#### MATERIAL TO PROCESS
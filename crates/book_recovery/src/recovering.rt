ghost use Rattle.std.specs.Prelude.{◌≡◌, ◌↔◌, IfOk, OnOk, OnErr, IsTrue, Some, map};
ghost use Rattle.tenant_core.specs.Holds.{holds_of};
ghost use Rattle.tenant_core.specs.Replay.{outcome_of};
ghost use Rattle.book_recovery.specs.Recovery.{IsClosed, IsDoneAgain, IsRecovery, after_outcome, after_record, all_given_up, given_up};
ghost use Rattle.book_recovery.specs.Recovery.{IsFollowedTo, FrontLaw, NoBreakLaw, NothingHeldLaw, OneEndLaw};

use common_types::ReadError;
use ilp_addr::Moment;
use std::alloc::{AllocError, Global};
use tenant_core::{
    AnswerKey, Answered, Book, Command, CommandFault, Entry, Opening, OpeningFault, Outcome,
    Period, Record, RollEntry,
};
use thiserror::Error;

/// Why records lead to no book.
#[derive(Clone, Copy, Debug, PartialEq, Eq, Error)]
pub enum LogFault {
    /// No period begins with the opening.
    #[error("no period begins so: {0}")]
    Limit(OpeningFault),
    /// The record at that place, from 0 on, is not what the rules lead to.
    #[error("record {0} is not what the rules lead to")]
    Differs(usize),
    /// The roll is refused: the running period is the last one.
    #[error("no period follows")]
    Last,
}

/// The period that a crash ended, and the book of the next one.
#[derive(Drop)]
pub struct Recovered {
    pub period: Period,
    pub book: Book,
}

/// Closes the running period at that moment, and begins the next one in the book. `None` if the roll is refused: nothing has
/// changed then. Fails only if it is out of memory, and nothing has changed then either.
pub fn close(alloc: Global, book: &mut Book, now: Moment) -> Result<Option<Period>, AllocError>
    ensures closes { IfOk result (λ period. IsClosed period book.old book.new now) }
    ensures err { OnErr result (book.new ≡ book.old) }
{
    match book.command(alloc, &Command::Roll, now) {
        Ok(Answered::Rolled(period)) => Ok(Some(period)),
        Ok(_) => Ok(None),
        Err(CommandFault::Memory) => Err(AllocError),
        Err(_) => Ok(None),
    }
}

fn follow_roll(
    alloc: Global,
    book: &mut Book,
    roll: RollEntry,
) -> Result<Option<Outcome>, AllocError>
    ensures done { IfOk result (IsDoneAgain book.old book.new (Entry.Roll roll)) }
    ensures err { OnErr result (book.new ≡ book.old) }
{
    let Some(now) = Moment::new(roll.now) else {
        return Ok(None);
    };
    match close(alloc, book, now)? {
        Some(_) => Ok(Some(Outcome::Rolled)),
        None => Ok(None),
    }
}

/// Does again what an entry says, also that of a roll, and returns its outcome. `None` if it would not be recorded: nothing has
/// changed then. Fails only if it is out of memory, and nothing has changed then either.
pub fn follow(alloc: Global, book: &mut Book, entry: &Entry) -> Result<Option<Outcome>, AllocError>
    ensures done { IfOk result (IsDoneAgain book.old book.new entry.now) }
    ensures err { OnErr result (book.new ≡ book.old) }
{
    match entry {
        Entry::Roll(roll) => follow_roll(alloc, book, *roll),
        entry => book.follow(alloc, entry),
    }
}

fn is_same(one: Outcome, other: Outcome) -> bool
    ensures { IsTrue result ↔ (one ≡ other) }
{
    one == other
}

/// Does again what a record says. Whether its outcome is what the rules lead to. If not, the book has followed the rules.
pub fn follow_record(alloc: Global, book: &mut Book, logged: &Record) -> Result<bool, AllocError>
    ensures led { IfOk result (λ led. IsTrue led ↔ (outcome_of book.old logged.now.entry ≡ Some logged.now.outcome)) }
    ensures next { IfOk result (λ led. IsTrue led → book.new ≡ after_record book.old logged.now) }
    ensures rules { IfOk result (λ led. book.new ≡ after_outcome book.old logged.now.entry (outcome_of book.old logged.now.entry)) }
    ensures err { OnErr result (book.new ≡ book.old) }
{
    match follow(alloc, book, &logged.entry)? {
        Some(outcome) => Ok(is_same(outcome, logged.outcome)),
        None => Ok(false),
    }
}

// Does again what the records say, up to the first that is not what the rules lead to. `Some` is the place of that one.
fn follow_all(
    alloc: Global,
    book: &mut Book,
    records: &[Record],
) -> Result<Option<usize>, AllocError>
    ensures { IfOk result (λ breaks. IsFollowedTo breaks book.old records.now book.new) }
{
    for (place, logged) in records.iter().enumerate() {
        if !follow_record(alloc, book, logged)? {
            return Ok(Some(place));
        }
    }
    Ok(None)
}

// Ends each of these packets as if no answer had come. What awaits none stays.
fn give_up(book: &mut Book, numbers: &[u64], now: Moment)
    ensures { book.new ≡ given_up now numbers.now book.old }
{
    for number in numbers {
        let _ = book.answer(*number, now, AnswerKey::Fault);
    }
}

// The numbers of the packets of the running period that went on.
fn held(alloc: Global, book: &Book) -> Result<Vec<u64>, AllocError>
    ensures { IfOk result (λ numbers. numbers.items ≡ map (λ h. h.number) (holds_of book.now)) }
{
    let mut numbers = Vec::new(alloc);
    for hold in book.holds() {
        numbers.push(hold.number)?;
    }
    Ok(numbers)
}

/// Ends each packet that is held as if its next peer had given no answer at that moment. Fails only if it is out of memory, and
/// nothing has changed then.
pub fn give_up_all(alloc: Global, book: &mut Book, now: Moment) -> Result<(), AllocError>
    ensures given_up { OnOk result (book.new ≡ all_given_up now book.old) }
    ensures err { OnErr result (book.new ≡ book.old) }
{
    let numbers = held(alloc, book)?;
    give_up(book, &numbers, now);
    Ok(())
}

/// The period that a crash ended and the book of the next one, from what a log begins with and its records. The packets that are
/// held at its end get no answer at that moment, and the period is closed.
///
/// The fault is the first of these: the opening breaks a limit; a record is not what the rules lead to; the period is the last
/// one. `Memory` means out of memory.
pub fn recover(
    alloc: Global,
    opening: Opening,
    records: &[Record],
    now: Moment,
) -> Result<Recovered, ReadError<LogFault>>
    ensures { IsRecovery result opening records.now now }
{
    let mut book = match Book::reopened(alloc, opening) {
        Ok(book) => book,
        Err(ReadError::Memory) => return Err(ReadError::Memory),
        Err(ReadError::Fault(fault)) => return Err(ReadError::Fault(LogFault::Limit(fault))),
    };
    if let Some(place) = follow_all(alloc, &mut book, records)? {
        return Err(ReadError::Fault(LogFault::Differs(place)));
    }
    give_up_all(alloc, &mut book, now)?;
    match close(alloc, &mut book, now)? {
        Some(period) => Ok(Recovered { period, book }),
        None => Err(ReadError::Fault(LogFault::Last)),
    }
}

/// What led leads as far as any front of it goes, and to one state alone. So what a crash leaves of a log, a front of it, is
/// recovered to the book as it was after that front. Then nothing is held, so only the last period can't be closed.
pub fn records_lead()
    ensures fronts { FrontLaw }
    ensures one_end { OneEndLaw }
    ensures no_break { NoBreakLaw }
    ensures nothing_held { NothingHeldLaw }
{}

* * *

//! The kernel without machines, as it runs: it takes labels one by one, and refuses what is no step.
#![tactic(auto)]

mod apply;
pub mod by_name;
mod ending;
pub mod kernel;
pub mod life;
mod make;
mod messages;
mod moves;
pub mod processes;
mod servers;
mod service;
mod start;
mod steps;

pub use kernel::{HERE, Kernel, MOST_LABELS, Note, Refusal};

--

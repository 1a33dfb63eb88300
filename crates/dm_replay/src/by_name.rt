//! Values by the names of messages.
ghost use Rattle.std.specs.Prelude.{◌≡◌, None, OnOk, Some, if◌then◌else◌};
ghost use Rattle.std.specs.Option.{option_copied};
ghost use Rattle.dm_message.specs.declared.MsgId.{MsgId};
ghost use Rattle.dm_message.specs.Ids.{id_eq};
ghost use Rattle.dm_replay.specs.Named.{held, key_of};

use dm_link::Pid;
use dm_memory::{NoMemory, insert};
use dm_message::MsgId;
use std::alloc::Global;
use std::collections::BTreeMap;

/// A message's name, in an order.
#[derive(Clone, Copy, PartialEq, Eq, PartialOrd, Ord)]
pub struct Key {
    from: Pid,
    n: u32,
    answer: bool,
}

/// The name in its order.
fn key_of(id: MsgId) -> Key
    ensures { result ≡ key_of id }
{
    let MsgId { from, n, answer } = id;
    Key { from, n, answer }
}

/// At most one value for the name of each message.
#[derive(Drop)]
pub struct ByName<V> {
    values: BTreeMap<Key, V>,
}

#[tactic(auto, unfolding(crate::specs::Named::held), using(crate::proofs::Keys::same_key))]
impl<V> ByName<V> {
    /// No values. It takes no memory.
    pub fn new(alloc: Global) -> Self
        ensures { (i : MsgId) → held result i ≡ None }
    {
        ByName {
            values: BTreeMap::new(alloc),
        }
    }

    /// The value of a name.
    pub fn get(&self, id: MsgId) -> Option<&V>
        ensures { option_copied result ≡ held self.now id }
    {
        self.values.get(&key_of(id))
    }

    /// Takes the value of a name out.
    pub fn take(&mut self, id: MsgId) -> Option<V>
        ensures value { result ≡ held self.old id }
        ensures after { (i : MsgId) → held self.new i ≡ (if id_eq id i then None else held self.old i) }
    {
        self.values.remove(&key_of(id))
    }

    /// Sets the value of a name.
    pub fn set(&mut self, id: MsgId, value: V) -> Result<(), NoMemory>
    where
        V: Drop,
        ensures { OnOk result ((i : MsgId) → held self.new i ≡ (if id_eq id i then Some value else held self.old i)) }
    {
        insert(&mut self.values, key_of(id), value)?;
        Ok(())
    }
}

#### BRIEF
Every line above from the line with "Ends each packet" to the line with "the period is the last" is wanted, ends included; write them out exactly and add no other line.

#### REPLY TO THE TASK
/// Ends each packet that is held as if its next peer had given no answer at that moment. Fails only if it is out of memory, and
/// nothing has changed then.
pub fn give_up_all(alloc: Global, book: &mut Book, now: Moment) -> Result<(), AllocError>
    ensures given_up { OnOk result (book.new ≡ all_given_up now book.old) }
    ensures err { OnErr result (book.new ≡ book.old) }
{
    let numbers = held(alloc, book)?;
    give_up(book, &numbers, now);
    Ok(())
}

/// The period that a crash ended and the book of the next one, from what a log begins with and its records. The packets that are
/// held at its end get no answer at that moment, and the period is closed.
///
/// The fault is the first of these: the opening breaks a limit; a record is not what the rules lead to; the period is the last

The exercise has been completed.